INSTRUCTIONS FOR THE TASK: Your task is to count the lines of the entries below that include the word "entry" and to give only the resulting number.

(Stored data)
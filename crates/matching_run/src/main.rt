// The limit, the pair list, a target point and matching, run on small inputs: what is written is compared with the file `stdout`.
#![tactic(auto)]

use std::io;
use tree::KdTree;
use trial::Bits;

const INF: f32 = f32::INFINITY;

const NONE: u32 = KdTree::NO_CHILD;

const TOO_MANY: usize = KdTree::MAX_POINTS + 1;

// Two points, whose slots are their own numbers.
const TWO: [f32; 6] = [1.0, 0.0, 0.0, 2.0, 0.0, 0.0];

// The numbers of a list, on one line.
fn write_list(rt: &impl Print, list: &[u32]) -> io::Result<()> {
    trial::write_each(rt, list.iter().copied())?;
    println!(rt)
}

// No limit, NaN, infinity and one whose square overflows; negative ones; both zeros; 1; one whose square rounds to 0.
fn show_limits(rt: &impl Print) -> io::Result<()> {
    let limits = [
        None,
        Some(f32::NAN),
        Some(INF),
        Some(1.0e20),
        Some(-1.0),
        Some(-INF),
        Some(0.0),
        Some(-0.0),
        Some(1.0),
        Some(8.0e-25),
    ];
    for limit in limits {
        println!(rt; " {}", Bits(matching::max_distance_sq(limit)))?;
    }
    Ok(())
}

// How many numbers a target point has, and the numbers.
fn show_part(rt: &impl Print, cloud: &[f32], index: u32) -> io::Result<()> {
    let part = matching::target_point(cloud, index);
    print!(rt; " {}", part.len())?;
    trial::write_floats(rt, part)?;
    println!(rt)
}

// The first and the last point, an index just outside, no match; a ragged cloud, an empty one.
fn show_parts(rt: &impl Print) -> io::Result<()> {
    let cloud = [1.0, 2.0, 3.0, 4.0, 5.0, 6.0];
    for index in [0, 1, 2, NONE] {
        show_part(rt, &cloud, index)?;
    }
    show_part(rt, &cloud[..5], 0)?;
    show_part(rt, &[], 0)
}

// What the pair list returns, and the two lent lists afterwards.
fn show_pairs(
    rt: &impl Print,
    matches: &[u32],
    sources: &mut [u32],
    targets: &mut [u32],
) -> io::Result<()> {
    match matching::correspondence_pairs(matches, sources, targets) {
        Ok(n) => println!(rt; " pairs {n}")?,
        Err(refusal) => println!(rt; " refused {}", refusal.number())?,
    }
    write_list(rt, sources)?;
    write_list(rt, targets)
}

// Both lists exactly as long as needed, and longer; no entries; no matched entry.
fn show_pair_lists(rt: &impl Print) -> io::Result<()> {
    let matches = [NONE, 5, 0, NONE, 4294967294];
    show_pairs(rt, &matches, &mut [91, 92, 93], &mut [81, 82, 83])?;
    show_pairs(
        rt,
        &matches,
        &mut [91, 92, 93, 94, 95],
        &mut [81, 82, 83, 84],
    )?;
    show_pairs(rt, &[], &mut [91], &mut [81])?;
    show_pairs(rt, &[NONE, NONE], &mut [91], &mut [])
}

// Each list one entry too short.
fn show_short_pair_lists(rt: &impl Print) -> io::Result<()> {
    let matches = [NONE, 5, 0, NONE, 4294967294];
    show_pairs(rt, &matches, &mut [91, 92], &mut [81, 82, 83])?;
    show_pairs(rt, &matches, &mut [91, 92, 93], &mut [81, 82])
}

// As many entries as are allowed, and one more, which is refused before the short lists are.
fn show_long_lists(rt: &impl Print, matches: &[u32; TOO_MANY]) -> io::Result<()> {
    let m = &matches[..];
    if let Some((_, allowed)) = m.split_last() {
        show_pairs(rt, allowed, &mut [91], &mut [81])?;
    }
    show_pairs(rt, m, &mut [91], &mut [81])
}

// Apart from the above, since where the list is made as a slice the checker runs out of stack on its length.
fn show_long_pair_lists(rt: &impl Print) -> io::Result<()> {
    show_long_lists(rt, &[7; TOO_MANY])
}

fn show_matching(
    rt: &impl Print,
    source: &[f32],
    target: &[f32],
    coords: &[f32],
    indices: &[u32],
    limit: Option<f32>,
    matches: &mut [u32],
) -> io::Result<()> {
    match matching::find_correspondences_seeded(source, target, coords, indices, limit, matches) {
        Ok(()) => println!(rt; " done")?,
        Err(refusal) => println!(rt; " refused {}", refusal.number())?,
    }
    write_list(rt, matches)
}

// Document 01's cloud K with its tree.
fn show_on_k(
    rt: &impl Print,
    source: &[f32],
    limit: Option<f32>,
    matches: &mut [u32],
) -> io::Result<()> {
    let k = [1.0, 0.0, 0.0, 0.0, 0.0, 0.0, 2.0, 0.0, 0.0, 0.0, 5.0, 0.0];
    let coords = [0.0, 5.0, 0.0, 0.0, 0.0, 0.0, 1.0, 0.0, 0.0, 2.0, 0.0, 0.0];
    show_matching(rt, source, &k, &coords, &[3, 1, 0, 2], limit, matches)
}

// Example 4, and a limit just below.
fn show_example(rt: &impl Print) -> io::Result<()> {
    let one = [1.0, 1.0, 0.0];
    show_on_k(rt, &one, Some(1.0), &mut [NONE])?;
    show_on_k(rt, &one, Some(0.99999994), &mut [NONE])
}

// Without and with seeds: (0.5,0,0) lies as near to 1 as to 0; (NaN,0,0) matches nothing; a seed that an indexed point is nearer than gives way.
fn show_seeds(rt: &impl Print) -> io::Result<()> {
    let four = [
        1.0,
        1.0,
        0.0,
        0.5,
        0.0,
        0.0,
        f32::NAN,
        0.0,
        0.0,
        0.0,
        4.0,
        0.0,
    ];
    show_on_k(rt, &four, None, &mut [NONE, NONE, NONE, NONE])?;
    show_on_k(rt, &four, None, &mut [2, 1, 3, 2])?;
    show_on_k(rt, &four, Some(0.5), &mut [2, 1, 3, 2])?;
    show_on_k(rt, &four, Some(-1.0), &mut [2, 1, 3, 2])
}

// Limit 0: the same place, one so near that its square is 0, and one that is not.
fn show_limit_zero(rt: &impl Print) -> io::Result<()> {
    let near = [
        2.0,
        0.0,
        0.0,
        2.0,
        0.0000000000000000000000008,
        0.0,
        2.0,
        0.000001,
        0.0,
    ];
    show_on_k(rt, &near, Some(0.0), &mut [NONE, NONE, NONE])
}

// No slots: a seed is kept, and nothing else is found.
fn show_no_slots(rt: &impl Print) -> io::Result<()> {
    let source = [1.0, 1.0, 0.0, 0.5, 0.0, 0.0];
    let target = [1.0, 0.0, 0.0, 0.0, 0.0, 0.0];
    show_matching(rt, &source, &target, &[], &[], None, &mut [NONE, 1])
}

// Two points, matched with themselves: a cloud that is its own tree.
fn show_own(rt: &impl Print, indices: &[u32], matches: &mut [u32]) -> io::Result<()> {
    let c = &TWO[..];
    show_matching(rt, c, c, c, indices, None, matches)
}

// 1: the source, the target, the coordinates.
fn show_ragged(rt: &impl Print) -> io::Result<()> {
    let c = &TWO[..];
    let indices = [0, 1];
    let t = &indices[..];
    show_matching(rt, &c[..5], c, c, t, None, &mut [NONE])?;
    show_matching(rt, c, &c[..4], c, t, None, &mut [NONE, 0])?;
    show_matching(rt, c, c, &c[..5], t, None, &mut [NONE, 0])
}

// 1: the indices, and the match list, too short and too long; beside them a list that is not refused.
fn show_lengths(rt: &impl Print) -> io::Result<()> {
    show_own(rt, &[0, 1], &mut [NONE, 0])?;
    show_own(rt, &[0], &mut [NONE, 0])?;
    show_own(rt, &[0, 1], &mut [NONE])?;
    show_own(rt, &[0, 1], &mut [NONE, 0, NONE])
}

// 4: no source point, no target point.
fn show_empty(rt: &impl Print) -> io::Result<()> {
    let c = &TWO[..];
    show_matching(rt, &[], c, c, &[0, 1], None, &mut [])?;
    show_matching(rt, c, &[], &[], &[], None, &mut [NONE, NONE])
}

// 5: the last seed that is inside and the first that is not, the last that is one; an index of the tree, for which no value stands for none.
fn show_outside(rt: &impl Print) -> io::Result<()> {
    show_own(rt, &[0, 1], &mut [NONE, 1])?;
    show_own(rt, &[0, 1], &mut [NONE, 2])?;
    show_own(rt, &[0, 1], &mut [4294967294, 1])?;
    show_own(rt, &[0, 2], &mut [NONE, NONE])?;
    show_own(rt, &[NONE, 1], &mut [NONE, NONE])
}

// Two at once, the earlier of which is given: 1 before 4 and 5, 4 before 5.
fn show_order(rt: &impl Print) -> io::Result<()> {
    let c = &TWO[..];
    show_matching(rt, &c[..5], &[], &[], &[], None, &mut [7])?;
    show_matching(rt, c, &[], &[], &[], None, &mut [7, 7])
}

// Over a thousand source points on two target points: past 512 too each finds its own, whatever its seed was.
fn show_many(rt: &impl Print) -> io::Result<()> {
    let mut source = [0.0; 3075];
    let mut matches = [0; 1025];
    let target = [0.0, 0.0, 0.0, 10.0, 0.0, 0.0];
    let coords = [0.0, 0.0, 0.0, 10.0, 0.0, 0.0];
    source[1533] = 9.0;
    source[1536] = 9.0;
    source[3072] = 9.0;
    matches[1023] = 1;
    show_matching(rt, &source, &target, &coords, &[0, 1], None, &mut matches)
}

fn show_all_refusals(rt: &impl Print) -> io::Result<()> {
    show_ragged(rt)?;
    show_lengths(rt)?;
    show_empty(rt)?;
    show_outside(rt)?;
    show_order(rt)
}

fn main(rt: HostRuntime) -> io::Result<()> {
    show_limits(&rt)?;
    show_parts(&rt)?;
    show_pair_lists(&rt)?;
    show_short_pair_lists(&rt)?;
    show_long_pair_lists(&rt)?;
    show_example(&rt)?;
    show_seeds(&rt)?;
    show_limit_zero(&rt)?;
    show_no_slots(&rt)?;
    show_all_refusals(&rt)?;
    show_many(&rt)
}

YOUR SOLUTION: 2